▶ _Exercise description_
The lines wanted are those in the data below that include "Returns".

______

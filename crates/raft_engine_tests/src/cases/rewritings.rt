//! Histories of rewritings: what may not happen between reading records and moving them.

use crate::batches::Part::{Begin, Clean, Compact, Delete, End, Entries, Put, Truncate};
use crate::cases::{APPENDED, Case, REWRITTEN};
use crate::engine::Step;
use crate::engine::Step::{Append, ApplyGroup, Purge, Rewrite, Tell, TellCleaned};

/// Returns the histories of rewritings.
pub fn cases() -> &'static [Case] {
    &CASES
}

static CASES: [Case; 17] = [
    // Rewritten entries of which a prefix is rewritten again: the rest is lost.
    Case {
        steps: &[
            Append(1, &[Entries(1, 5)]),
            Rewrite(1, Some(1), &[Entries(1, 5)]),
            Purge(APPENDED, 1),
            Rewrite(2, None, &[Entries(1, 3)]),
        ],
        kept: "[1,5)",
        found: "[1,3)",
    },
    Case {
        steps: &[
            Append(1, &[Entries(1, 5)]),
            Rewrite(1, Some(1), &[Entries(1, 5)]),
            Purge(APPENDED, 1),
            Rewrite(2, None, &[Entries(1, 5)]),
            Purge(REWRITTEN, 1),
        ],
        kept: "[1,5)",
        found: "[1,5)",
    },
    // A gate at the file that is written to: records that were replaced there meanwhile come back.
    Case {
        steps: &[
            Append(1, &[Put("old"), Entries(6, 9)]),
            Append(1, &[Put("new"), Entries(6, 7)]),
            Rewrite(1, Some(1), &[Put("old"), Entries(6, 9)]),
            Purge(APPENDED, 1),
        ],
        kept: "[6,7)k=new",
        found: "[6,9)k=old",
    },
    Case {
        steps: &[
            Append(1, &[Put("old"), Entries(6, 9)]),
            Append(2, &[Put("new"), Entries(6, 7)]),
            Rewrite(1, Some(1), &[Put("old"), Entries(6, 9)]),
            Purge(APPENDED, 1),
        ],
        kept: "[6,7)k=new",
        found: "[6,7)k=new",
    },
    // Records that are deleted at a deletion, a Clean, a compaction or a truncation that is told between their reading and their rewriting.
    Case {
        steps: &[
            Append(1, &[Put("1")]),
            Append(2, &[Delete]),
            Tell(1, &[Delete]),
            Rewrite(1, Some(1), &[Put("1")]),
            Purge(APPENDED, 2),
        ],
        kept: "",
        found: "k=1",
    },
    Case {
        steps: &[
            Append(1, &[Put("1")]),
            Append(2, &[Delete]),
            Rewrite(1, Some(1), &[Put("1")]),
            Tell(1, &[Delete]),
            Purge(APPENDED, 2),
        ],
        kept: "",
        found: "",
    },
    Case {
        steps: &[
            Append(1, &[Entries(1, 5)]),
            Append(2, &[Clean]),
            TellCleaned(1),
            Rewrite(1, Some(1), &[Entries(1, 5)]),
            Purge(APPENDED, 2),
        ],
        kept: "",
        found: "[1,5)",
    },
    Case {
        steps: &[
            Append(1, &[Entries(1, 5)]),
            Append(2, &[Clean]),
            Rewrite(1, Some(1), &[Entries(1, 5)]),
            TellCleaned(1),
            Purge(APPENDED, 2),
        ],
        kept: "",
        found: "",
    },
    Case {
        steps: &[
            Append(1, &[Entries(1, 5)]),
            Append(2, &[Compact(3)]),
            Tell(1, &[Compact(3)]),
            Rewrite(1, Some(1), &[Entries(1, 5)]),
            Purge(APPENDED, 2),
        ],
        kept: "[3,5)",
        found: "[1,5)",
    },
    Case {
        steps: &[
            Append(1, &[Entries(1, 5)]),
            Append(2, &[Compact(3)]),
            Rewrite(1, Some(1), &[Entries(1, 5)]),
            Tell(1, &[Compact(3)]),
            Purge(APPENDED, 2),
        ],
        kept: "[3,5)",
        found: "[3,5)",
    },
    Case {
        steps: &[
            Append(1, &[Entries(1, 5)]),
            Append(2, &[Truncate(3)]),
            Tell(1, &[Truncate(3)]),
            Rewrite(1, Some(1), &[Entries(1, 5)]),
            Purge(APPENDED, 2),
        ],
        kept: "[1,3)",
        found: "[1,5)",
    },
    Case {
        steps: &[
            Append(1, &[Entries(1, 5)]),
            Append(2, &[Truncate(3)]),
            Rewrite(1, Some(1), &[Entries(1, 5)]),
            Tell(1, &[Truncate(3)]),
            Purge(APPENDED, 2),
        ],
        kept: "[1,3)",
        found: "[1,3)",
    },
    // Two rewritings of a region at once: the one that was read first is written last.
    Case {
        steps: &[
            Append(1, &[Entries(1, 3)]),
            Rewrite(1, Some(1), &[Entries(1, 3)]),
            Append(2, &[Entries(3, 5)]),
            Rewrite(1, Some(2), &[Entries(3, 5)]),
            Rewrite(2, None, &[Entries(1, 3)]),
            Purge(APPENDED, 2),
        ],
        kept: "[1,5)",
        found: "[1,3)",
    },
    Case {
        steps: &[
            Append(1, &[Entries(1, 3)]),
            Rewrite(1, Some(1), &[Entries(1, 3)]),
            Rewrite(2, None, &[Entries(1, 3)]),
            Append(2, &[Entries(3, 5)]),
            Rewrite(2, Some(2), &[Entries(3, 5)]),
            Purge(APPENDED, 2),
            Purge(REWRITTEN, 1),
        ],
        kept: "[1,5)",
        found: "[1,5)",
    },
    // Entries that are replaced once their rewriting is applied, and not before.
    Case {
        steps: &[
            Append(1, &[Entries(1, 3)]),
            Rewrite(1, Some(1), &[Entries(1, 3)]),
            Append(2, &[Entries(3, 5)]),
            Rewrite(1, Some(2), &[Entries(3, 5)]),
            Append(3, &[Entries(2, 6)]),
            Tell(1, &[Truncate(2)]),
            Purge(APPENDED, 2),
        ],
        kept: "[1,6)",
        found: "[1,6)",
    },
    Case {
        steps: &[
            Append(1, &[Entries(1, 3)]),
            Rewrite(1, Some(1), &[Entries(1, 3)]),
            Append(2, &[Entries(3, 5)]),
            Rewrite(1, Some(2), &[Entries(3, 4)]),
            Rewrite(1, Some(2), &[Entries(4, 5)]),
            Append(3, &[Entries(3, 5)]),
            Tell(1, &[Truncate(3)]),
            Purge(APPENDED, 2),
        ],
        kept: "[1,5)",
        found: "[1,5)",
    },
    Case {
        steps: &[
            Append(1, &[Entries(1, 5)]),
            Rewrite(1, Some(1), &[Entries(1, 5)]),
            Purge(APPENDED, 1),
            Rewrite(2, None, &[Begin(9), Entries(1, 3)]),
            Rewrite(2, None, &[End(9), Entries(3, 5)]),
            ApplyGroup(2, 2),
            Append(2, &[Entries(2, 6)]),
            Tell(2, &[Truncate(2)]),
            Purge(REWRITTEN, 1),
        ],
        kept: "[1,6)",
        found: "[1,6)",
    },
];

/// Returns histories whose last step is refused: entries are replaced between their reading and their rewriting.
pub fn histories_with_refused_last_step() -> &'static [&'static [Step]] {
    &REFUSED
}

static REFUSED: [&[Step]; 3] = [
    &[
        Append(1, &[Entries(1, 3)]),
        Rewrite(1, Some(1), &[Entries(1, 3)]),
        Append(2, &[Entries(3, 5)]),
        Append(3, &[Entries(2, 6)]),
        Rewrite(1, Some(2), &[Entries(3, 5)]),
    ],
    // The same run again, and the rewriting in two batches.
    &[
        Append(1, &[Entries(1, 3)]),
        Rewrite(1, Some(1), &[Entries(1, 3)]),
        Append(2, &[Entries(3, 5)]),
        Append(3, &[Entries(3, 5)]),
        Rewrite(1, Some(2), &[Entries(3, 4)]),
        Rewrite(1, Some(2), &[Entries(4, 5)]),
    ],
    // Between the Begin and the End of a group.
    &[
        Append(1, &[Entries(1, 5)]),
        Rewrite(1, Some(1), &[Entries(1, 5)]),
        Purge(APPENDED, 1),
        Rewrite(2, None, &[Begin(9), Entries(1, 3)]),
        Append(2, &[Entries(2, 6)]),
        Rewrite(2, None, &[End(9), Entries(3, 5)]),
    ],
];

______

▶ _Task result_
/// Returns the histories of rewritings.
/// Returns histories whose last step is refused: entries are replaced between their reading and their rewriting.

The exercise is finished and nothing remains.